Es gibt unter Marktbedingungen kein einziges Atomkraftwerk, das versichert ist. Deswegen halte ich die Haftungsfrage für entscheidend. Ich habe Angst - ich sage das extra auch an den Ministerpräsidenten -, dass das Gleiche wie bei den Atomkraftwerken passiert, dass die Haftung vom Staat übernommen wird. So steht es auch in den Gesetzen drin. Die FDP hat sogar beantragt, diese Haftung ganz aufzuheben, weil man sonst nicht experimentieren könne.
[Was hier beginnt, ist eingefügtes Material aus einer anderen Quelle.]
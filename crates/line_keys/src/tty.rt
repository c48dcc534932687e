//! The terminal's input: keys.

ghost use Rattle.std.specs.Prelude.{◌≡◌, Option};
ghost use Rattle.line_keys.specs.KeyFeeds.{from_key_at, key_at, paste_at};
ghost use Rattle.line_keys.specs.KeyFeeds.{KeyFeed, Key, Paste, ReadsBy, SomeRead};
ghost use Rattle.line_keys.specs.Requests.{Asked, NextKey, WaitForInput, NextChar, PastedText};
ghost use Rattle.line_keys.specs.Common.{signal_of};

use crate::command::Cmd;
use crate::key::KeyEvent;
use crate::texts::Text;
use line_config::ReadlineError;
use std::alloc::Global;

/// A report of a terminal.
#[derive(Clone, Copy, Debug, PartialEq, Eq)]
pub enum Event {
    KeyPress(KeyEvent),
}

/// A source of keys and pasted texts.
///
/// `feed` is what is known of it. If it is `told`, the bytes given so far agree with those assumed,
/// and `coming` is what remains of these. So the answer of a call is known if the reader is told
/// after the call. `bound` falls with each key and each paste, so every loop that reads ends.
/// `reason` is what has happened to the reader if a call fails. `kept` is what it has read ahead.
///
/// `asked` is what the reader says of each request: from which state it leads to which. A reader
/// that says nothing of it holds each of them for possible.
///
/// Any error other than the end of input is final: every later call returns it again.
pub trait RawReader {
    /// What `unbuffer` returns.
    type Buffer;

    ghost feed: { Self → KeyFeed };

    ghost asked: { Asked Self };

    ghost kept: { Self → Option Self.Buffer };

    /// The next key. `single_esc_abort` tells a reader that waits for the rest of a sequence not to
    /// wait after Esc.
    ///
    /// If a pasted text was announced and not read, the error is `PasteOutOfPlace` and nothing is
    /// read.
    fn next_key(&mut self, single_esc_abort: bool) -> Result<KeyEvent, ReadlineError>
        ensures reads { ReadsBy Key key_at (feed self.old) (feed self.new) result }
        ensures asks { asked self.old (NextKey single_esc_abort) self.new };

    /// The next report of the terminal: a key.
    fn wait_for_input(&mut self, single_esc_abort: bool) -> Result<Event, ReadlineError>
        ensures reads { ReadsBy Key (from_key_at Event.KeyPress)
            (feed self.old) (feed self.new) result }
        ensures asks { asked self.old (WaitForInput single_esc_abort) self.new };

    /// The next character, whatever key it would belong to. Each reader says for itself what
    /// remains after it.
    fn next_char(&mut self) -> Result<char, ReadlineError>
        ensures reads { SomeRead (feed self.old) (feed self.new) result }
        ensures asks { asked self.old NextChar self.new };

    /// The text that the key `BracketedPasteStart` announced. It must be read right after that key;
    /// at any other time the error is `PasteOutOfPlace` and nothing is read.
    fn read_pasted_text(&mut self, alloc: Global) -> Result<Text, ReadlineError>
        ensures reads { ReadsBy Paste paste_at (feed self.old) (feed self.new) result }
        ensures asks { asked self.old PastedText self.new };

    /// The command of a key that a terminal would turn into a signal or the end of input.
    fn find_binding(&self, key: &KeyEvent) -> Option<Cmd>
        ensures { result ≡ signal_of key.now };

    /// Consumes the reader, and returns what it had read ahead.
    fn unbuffer(self) -> Option<Self::Buffer>
        ensures { result ≡ kept self };
}
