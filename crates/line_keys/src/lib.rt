//! What reader, key tables and editor share: keys, commands, bindings, and the traits of reader and
//! display over which a command is read.
#![tactic(auto)]

pub mod binding;
pub mod command;
pub mod events;
pub mod flags;
pub mod handler;
pub mod key;
pub mod keymap;
pub mod laws;
pub mod redo;
pub mod refresh;
pub mod texts;
pub mod tty;

pub use binding::{Bindings, EventMap};
pub use command::{Cmd, CmdKind, InputMode, SearchAgain};
pub use events::{Event, Keys};
pub use flags::Modifiers;
pub use handler::{ConditionalEventHandler, Decides, EventContext, EventHandler};
pub use key::{KeyCode, KeyEvent};
pub use keymap::InputState;
pub use refresh::{Invoke, Refresher};
pub use texts::Text;
pub use tty::RawReader;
Ich finde das katastrophal. Das ist eine fatale Strategie. Wir müssen eine Vollhaftung für die Betreiber haben. Dann haben wir auch weniger Probleme.

(Beifall bei BÜNDNIS 90/DIE GRÜNEN, SSW und des Abgeordneten Olaf Schulze [SPD])

Jetzt komme ich zu den Konsequenzen. Ich denke, wir müssen zwei Konsequenzen aus der heutigen Debatte ziehen, wenn wir uns alle einig sind. Die eine Konsequenz ist - und da wende ich mich auch wieder an Sie, Herr Ministerpräsident -: Wir müssen dafür sorgen, dass die Kohlekraftwerke in Brunsbüttel nicht gebaut werden. Ich fordere Sie auf, wenn Sie schon in dem Denkprozess, der bei Ihnen angestoßen worden ist, einen Schritt vorangekommen sind, noch einen Schritt weiter zu gehen und die Frage der Kohlekraftwerke in Brunsbüttel noch einmal zu überdenken.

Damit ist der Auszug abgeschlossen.